_What is needed:_
Within the data below, count every line that includes "NotJson" and report the total alone.

_Input material:_
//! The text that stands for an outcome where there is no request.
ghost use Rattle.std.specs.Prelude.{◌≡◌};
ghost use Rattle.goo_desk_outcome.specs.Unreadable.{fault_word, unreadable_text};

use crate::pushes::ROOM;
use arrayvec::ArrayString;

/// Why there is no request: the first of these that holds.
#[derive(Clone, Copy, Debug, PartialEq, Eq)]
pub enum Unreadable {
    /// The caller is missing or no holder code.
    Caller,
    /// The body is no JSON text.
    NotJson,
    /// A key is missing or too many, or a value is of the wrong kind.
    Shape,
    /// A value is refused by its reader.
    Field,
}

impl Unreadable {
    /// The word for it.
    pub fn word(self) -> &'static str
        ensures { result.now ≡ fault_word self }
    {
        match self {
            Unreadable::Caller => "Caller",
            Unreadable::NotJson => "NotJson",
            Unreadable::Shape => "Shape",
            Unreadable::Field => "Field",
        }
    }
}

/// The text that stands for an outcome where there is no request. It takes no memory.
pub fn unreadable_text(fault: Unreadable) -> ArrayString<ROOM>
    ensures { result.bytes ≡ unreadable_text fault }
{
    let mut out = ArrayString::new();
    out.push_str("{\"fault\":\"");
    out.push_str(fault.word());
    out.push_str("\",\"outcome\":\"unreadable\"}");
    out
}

_Answer section:_
2